The performance of a DDL operation is largely determined by whether the operation is performed instantly, in place, and whether it rebuilds the table.
To assess the relative performance of a DDL operation, you can
compare results using ALGORITHM=INSTANT
,
ALGORITHM=INPLACE
, and
ALGORITHM=COPY
. A statement can also be run
with old_alter_table
enabled to
force the use of ALGORITHM=COPY
.
For DDL operations that modify table data, you can determine whether a DDL operation performs changes in place or performs a table copy by looking at the “rows affected” value displayed after the command finishes. For example:
Changing the default value of a column (fast, does not affect the table data):
Query OK, 0 rows affected (0.07 sec)
Adding an index (takes time, but
0 rows affected
shows that the table is not copied):Query OK, 0 rows affected (21.42 sec)
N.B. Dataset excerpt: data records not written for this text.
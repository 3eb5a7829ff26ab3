//! Nothing but tests of what names mean: keys, scopes, uses, types and marks.
#![tactic(auto)]

#[cfg(test)]
mod finding_tests;
#[cfg(test)]
mod key_tests;
#[cfg(test)]
mod mark_tests;
#[cfg(test)]
mod scope_tests;
#[cfg(test)]
mod seen_tests;
#[cfg(test)]
mod type_tests;
#[cfg(test)]
mod use_tests;
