ghost use Rattle.std.specs.Prelude.{◌≡◌, ◌<◌, ◌^◌, IsTrue};
ghost use Rattle.package_order.specs.Packages as packages;

use spark_base::Items;

/// A package, by what it names in with clauses. Packages are numbered from 0 by the places of their specs; a number of no package
/// is passed over.
#[derive(Drop)]
pub struct Package {
    /// The packages that its spec withs.
    pub withs: Items<usize>,
    /// Those that its body withs, if it has one.
    pub body_withs: Option<Items<usize>>,
}

/// What is elaborated: the spec of a package, or its body.
#[derive(Clone, Copy, Debug, PartialEq, Eq)]
pub struct Item {
    /// Of its package.
    pub number: usize,
    pub is_body: bool,
}

/// The place of an item in the list of all items, the spec of each package before its body.
pub(crate) fn place_of(number: usize, is_body: bool) -> usize
    requires { number < 2 ^ 63 }
    ensures { result ≡ packages.place_of is_body number }
{
    if is_body { 2 * number + 1 } else { 2 * number }
}

/// The item at a place.
pub(crate) fn item_at(place: usize) -> Item
    ensures { result ≡ packages.item_at place }
{
    Item {
        number: place / 2,
        is_body: place % 2 == 1,
    }
}

/// Whether there is a package of this number, with a body if this is asked.
pub(crate) fn has_item(all: &[Package], number: usize, is_body: bool) -> bool
    ensures value { result ≡ packages.has_item all.now is_body number }
    ensures small { IsTrue result → number < 2 ^ 63 }
{
    if number >= all.len() {
        return false;
    }
    let owner = &all[number];
    !is_body || owner.body_withs.is_some()
}
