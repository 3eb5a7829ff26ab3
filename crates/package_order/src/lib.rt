//! The order in which the specs and bodies of packages are elaborated.
#![tactic(auto)]

mod elaboration;
mod packages;
mod rules;

pub use elaboration::{Elaboration, elaborate};
pub use packages::{Item, Package};
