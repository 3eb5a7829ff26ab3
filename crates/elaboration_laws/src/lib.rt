//! A law of elaborations: the sets of what may be unassigned at each moment speak for runs.
#![tactic(auto)]

ghost use Rattle.std.specs.Prelude.{List};
ghost use Rattle.core_form.specs.declared.program.Program.{Program};
ghost use Rattle.core_form.specs.Proper.{IsProper};
ghost use Rattle.run_laws.specs.Unassigned.{AreElaborated, all, roots_of};
ghost use Rattle.unset_moments.specs.declared.endings.Ending.{Ending};
ghost use Rattle.elaboration_laws.specs.Covering.{AreEndings, HasPlainRoots, StartsAreAssigned};

/// Of a proper program, over what the flow of each item of its elaboration order says: where no elaboration, nor the main, reads by its
/// row a leaf that is in the set of its moment, none reads a leaf that those before it may have left unassigned in a run.
pub fn moments_cover()
    ensures { (p : Program) (items : List Ending) → IsProper p → HasPlainRoots p → AreEndings p items → StartsAreAssigned p items
        → AreElaborated p (roots_of p) all }
{}
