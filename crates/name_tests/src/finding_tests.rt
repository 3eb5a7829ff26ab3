use name_findings::{Fault, Findings, Spelling, refuse_if};
use spark_base::{DeclNo, ExprNo, Pos, TypeNo};
use spark_messages::Code;
use std::test::Fail;

fn at(line: u32, col: u32) -> Pos {
    Pos { line, col }
}

/// Faults in the order in which they are found, and the place and the code of the one that counts.
#[test]
fn the_first_by_place_and_code_counts(rt: HostRuntime) -> Result<(), Fail> {
    let rows = [
        (
            [(2, 5, Code::Y04), (2, 4, Code::Y09), (3, 1, Code::N01)],
            (2, 4, Code::Y09),
        ),
        (
            [(2, 4, Code::Y04), (2, 4, Code::N08), (2, 4, Code::Y01)],
            (2, 4, Code::N08),
        ),
        (
            [(9, 1, Code::N12), (8, 80, Code::Y09), (9, 1, Code::N01)],
            (8, 80, Code::Y09),
        ),
        (
            [(1, 1, Code::Y01), (1, 1, Code::N12), (1, 1, Code::N10)],
            (1, 1, Code::N10),
        ),
    ];
    for (faults, (line, col, code)) in rows {
        let mut found = Findings::new(rt.alloc(), 0)?;
        for (line, col, code) in faults {
            refuse_if(&mut found, true, code, at(line, col), Spelling::Nothing);
        }
        let first = found.first().expect(&rt, "a fault is kept");
        assert_eq!(rt; first.at, at(line, col));
        assert_eq!(rt; first.code, code);
    }
    Ok(())
}

#[test]
fn of_two_alike_the_one_found_first_counts(rt: HostRuntime) -> Result<(), Fail> {
    let mut found = Findings::new(rt.alloc(), 0)?;
    refuse_if(&mut found, false, Code::N01, at(1, 1), Spelling::Exit);
    assert!(rt; found.first().is_none());
    found.refuse(Fault {
        at: at(4, 2),
        code: Code::N06,
        spelling: Spelling::Word(ExprNo(7)),
    });
    refuse_if(&mut found, true, Code::N06, at(4, 2), Spelling::Range);
    let first = found.first().expect(&rt, "a fault is kept");
    let is_first = match first.spelling {
        Spelling::Word(e) => e == ExprNo(7),
        _ => false,
    };
    assert!(rt; is_first);
    Ok(())
}

#[test]
fn names_and_types_are_kept_by_node(rt: HostRuntime) -> Result<(), Fail> {
    let mut found = Findings::new(rt.alloc(), 3)?;
    found.denote(ExprNo(1), DeclNo(9));
    found.denote(ExprNo(3), DeclNo(8));
    found.tell_type(ExprNo(2), TypeNo(4));
    found.tell_type(ExprNo(2), TypeNo(5));
    let (decls, types) = found.into_answers();
    assert_eq!(rt; decls.as_slice(), [None, Some(DeclNo(9)), None].as_slice());
    assert_eq!(rt; types.as_slice(), [None, None, Some(TypeNo(5))].as_slice());
    Ok(())
}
Changing the data type of a column (takes substantial time and requires rebuilding all the rows of the table):
Query OK, 1671168 rows affected (1 min 35.54 sec)
Before running a DDL operation on a large table, check whether the operation is fast or slow as follows:
Clone the table structure.
Populate the cloned table with a small amount of data.
Run the DDL operation on the cloned table.
Check whether the “rows affected” value is zero or not. A nonzero value means the operation copies table data, which might require special planning. For example, you might do the DDL operation during a period of scheduled downtime, or on each replica server one at a time.
For a greater understanding of the MySQL processing associated
with a DDL operation, examine Performance Schema and
INFORMATION_SCHEMA
tables related to
InnoDB
before and after DDL operations to
see the number of physical reads, writes, memory allocations,
and so on.
Performance Schema stage events can be used to monitor
ALTER TABLE
progress. See
Section 17.16.1, “Monitoring ALTER TABLE Progress for InnoDB Tables Using Performance
Schema”.
Because there is some processing work involved with recording the changes made by concurrent DML operations, then applying those changes at the end, an online DDL operation could take longer overall than the table-copy mechanism that blocks table access from other sessions. The reduction in raw performance is balanced against better responsiveness for applications that use the table. When evaluating the techniques for changing table structure, consider end-user perception of performance, based on factors such as load times for web pages.